[Python-ideas] Py3k invalid unicode idea

Thu Oct 9 18:31:40 CEST 2008

On Thursday 09 October 2008, Stephen J. Turnbull wrote:
> Dillon Collins writes:
>  > My thought is this: When passed invalid unicode, keep it invalid.
>  > This is largely similar to the UTF-8b ideas that were being tossed
>  > around, but a tad different.  The idea would be to maintain invalid
>  > byte sequences by use of the private use area in the unicode spec,
>  > but be explicit about this conversion to the program.
>
> FWIW this has been suggested several times.  There are two problems
> with it.  The first is collisions with other private space users.
> Unlikely, but it will (eventually) happen.  When it does, it will very
> likely result in data corruption, because those systems will assume
> that these are valid private sequences, not reencoded pollution.
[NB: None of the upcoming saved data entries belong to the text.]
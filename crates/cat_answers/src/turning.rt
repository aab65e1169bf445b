//! Where pages of listings go on.

ghost use Rattle.std.specs.Prelude.{◌≡◌};
ghost use Rattle.std.specs.Option.{option_and_then, option_copied, option_map};
ghost use Rattle.sha2.specs.Sha256.{sha256};
ghost use Rattle.cat_model.specs.Answer as answers;
ghost use Rattle.cat_answers.specs.Turning as turning;

use cat_model::refusal::Refusal;
use cat_names::hash::Hash;
use cat_names::key::ContentKey;
use cat_names::ref_name::RefName;
use cat_pages::token::Token;
use cat_state::catalogue::Catalogue;

/// The commit that the first page was of.
pub(crate) fn commit_before(after: &Option<(Hash, ContentKey)>) -> Option<Hash>
    ensures { result ≡ option_map (λ x. x.0) after.now }
{
    match after {
        None => None,
        Some((hash, _)) => Some(*hash),
    }
}

/// The last key of the page before.
pub(crate) fn key_before(after: &Option<(Hash, ContentKey)>) -> Option<&ContentKey>
    ensures { option_copied result ≡ option_map (λ x. x.1) after.now }
{
    match after {
        None => None,
        Some((_, key)) => Some(key),
    }
}

/// The name of a token of references.
pub(crate) fn next_name(token: Option<Token>) -> Option<RefName>
    ensures { result ≡ option_and_then turning.name_of token }
{
    match token {
        Some(Token::References(name)) => Some(name),
        _ => None,
    }
}

/// The commit and the key of a token of entries.
pub(crate) fn next_entry(token: Option<Token>) -> Option<(Hash, ContentKey)>
    ensures { result ≡ option_and_then turning.entry_of token }
{
    match token {
        Some(Token::Entries(hash, key)) => Some((hash, key)),
        _ => None,
    }
}

/// The commit of a token of a history.
pub(crate) fn next_commit(token: Option<Token>) -> Option<Hash>
    ensures { result ≡ option_and_then turning.commit_of token }
{
    match token {
        Some(Token::History(hash)) => Some(hash),
        _ => None,
    }
}

/// The commit that a token names in place of the one asked for, if it is known.
pub(crate) fn turned_to(
    catalogue: &Catalogue,
    hash: Hash,
    other: &Option<Hash>,
) -> Result<Hash, Refusal>
    ensures { result ≡ answers.turned_to sha256 catalogue.now hash other.now }
{
    match other {
        None => Ok(hash),
        Some(other) => {
            if catalogue.is_known(other) {
                Ok(*other)
            } else {
                Err(Refusal::RefNotFound)
            }
        }
    }
}

/// The last commit that is asked for is on the chain.
pub(crate) fn needs_until(
    catalogue: &Catalogue,
    hash: &Hash,
    until: &Option<Hash>,
) -> Result<(), Refusal>
    ensures { result ≡ answers.needs_until catalogue.now hash.now until.now }
{
    match until {
        None => Ok(()),
        Some(last) => {
            if catalogue.is_on_chain(hash, last) {
                Ok(())
            } else {
                Err(Refusal::RefNotFound)
            }
        }
    }
}
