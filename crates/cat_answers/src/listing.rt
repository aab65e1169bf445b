//! Pages of listings.

ghost use Rattle.std.specs.Prelude.{◌≡◌, IfOk, drop, map, take};
ghost use Rattle.std.specs.Option.{option_copied, option_map};
ghost use Rattle.cat_model.specs.Answer as answers;
ghost use Rattle.cat_model.specs.Chain.{entries};
ghost use Rattle.cat_model.specs.Listing.{entries_after, listing};
ghost use Rattle.cat_model.specs.Pages.{first, history, last_shown};

use crate::answering::effective;
use crate::histories::history_items;
use crate::turning::{key_before, next_commit, next_entry, next_name};
use cat_codes::fault::NoMemory;
use cat_model::ask::{EntriesAsk, HistoryAsk, ReferencesAsk};
use cat_model::reference::Reference;
use cat_model::reply::{EntriesPage, HistoryPage, ReferencesPage};
use cat_names::hash::Hash;
use cat_pages::{entries_page, history_page, references_page};
use cat_state::catalogue::Catalogue;
use std::alloc::Global;

/// A page of the references.
#[tactic(auto, unfolding(cat_model::specs::Answer::references_page), using(crate::proofs::Turns::names_next))]
pub(crate) fn references_part(
    alloc: Global,
    catalogue: &Catalogue,
    ask: &ReferencesAsk,
) -> Result<ReferencesPage, NoMemory>
    ensures { IfOk result
        (λ page. page ≡ answers.references_page catalogue.now.references ask.now) }
{
    let page = references_page(alloc, catalogue.references(), ask.after.as_ref(), ask.limit)?;
    Ok(ReferencesPage {
        items: page.items,
        next: next_name(page.token),
    })
}

/// A page of the entries at a commit.
#[tactic(auto, using(crate::proofs::Turns::entries_next))]
pub(crate) fn entries_part(
    alloc: Global,
    catalogue: &Catalogue,
    reference: Option<&Reference>,
    hash: Hash,
    ask: &EntriesAsk,
) -> Result<EntriesPage, NoMemory>
    ensures { let left = entries_after
        (listing (entries catalogue.now.commits hash) ask.now.filter)
        (option_map (λ x. x.1) ask.now.after) in
        IfOk result
        (λ page. page
        ≡ record {
          effective = answers.effective_at (option_copied reference.entry) hash;
          items = take ask.now.limit left;
          next = option_map (λ x. (hash, x.0)) (last_shown ask.now.limit left);
        }) }
{
    let map = catalogue.map_at(&hash)?;
    let after = key_before(&ask.after);
    let page = entries_page(alloc, &map, &hash, &ask.filter, after, ask.limit)?;
    Ok(EntriesPage {
        effective: effective(reference, hash)?,
        items: page.items,
        next: next_entry(page.token),
    })
}

/// A page of the chain of a commit.
#[tactic(auto, using(crate::proofs::Turns::commits_next))]
pub(crate) fn history_part(
    alloc: Global,
    catalogue: &Catalogue,
    hash: &Hash,
    ask: &HistoryAsk,
) -> Result<HistoryPage, NoMemory>
    ensures { let left = history catalogue.now.commits hash.now ask.now.until in
        IfOk result
        (λ page. page
        ≡ record {
          items = map (answers.history_item catalogue.now.present ask.now.with_operations)
              (take ask.now.limit left);
          next = option_map (λ x. x.0) (first (drop ask.now.limit left));
        }) }
{
    let page = history_page(alloc, catalogue.commits(), hash, &ask.until, ask.limit)?;
    let items = history_items(
        alloc,
        catalogue.contents(),
        ask.with_operations,
        page.items.as_slice(),
    )?;
    Ok(HistoryPage {
        items,
        next: next_commit(page.token),
    })
}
I certainly do agree that assuming PUA codes will never be used is foolish.  
As I suggested later on, you could use a PUA code as a sort of backslash 
escape to preserve both the valid PUA code and the invalid data.

>
> The second problem is that internal data will leak to other libraries.
> There is no reason to suppose that those libraries will see reencoded
> forms, because the whole point of using the C interface is to work
> directly on the Python data structures.  At that point, you do have
> corruption, because the original invalid data has been converted to
> valid Unicode.

Yes and no...  While C programs generally work on Python's internal data 
structures, they shouldn't (and basically don't) do so though direct access 
to the PyObject struct.  Instead, they use the various macros/functions 
provided.

With my proposal, unicode strings would have a valid flag, and one could 
easily modify PyUnicode_AS_UNICODE to return NULL (and a UnicodeError) if the 
string is invalid, and make a PyUnicode_AS_RAWUNICODE that wouldn't.  Or you 
could simply document that libraries need to call a PyUnicode_ISVALID to 
determine whether or not the string contains invalid codes.

>
> You write "And besides, if python has to deal with bad unicode, these
> libraries should have to too ;)."  Which is precisely right.  The bug
> in your idea is that they never will!  Your proposal robs them of the
> chance to do it in their own way by buffering it through Python's
> cleanup process.

What makes this problem nasty all around is that your proposal has the same 
bug: by not allowing invalid unicode internally, the only way to allow 
programs to handle the (possible) problem is to always accept bytes, which 
would put us most of the way back to a 2.x world.  At least with my proposal 
libraries can opt to deal with the bad, albeit slightly sanitized, unicode if 
it wants to.

>
> AFAICS, there are two sane paths.  Accept (and document!) that you
> will pass corruption to other parts of the system, and munge bad octet
> sequences into some kind of valid Unicode (eg, U+FEFF REPLACEMENT
> CHARACTER, or a PUA encoding of raw bytes).  Second, signal an error
> on encountering an invalid octet sequence, and leave it up to the user
> program to handle it.

Well, the bulk of my proposal was to allow the program to choose which one of 
those (3!) options they want.  I fail to see the benefit of forcing their 
hands, especially since the API already supports this through the use of both 
codecs and error handlers.  It just seems like a more elegant solution to me.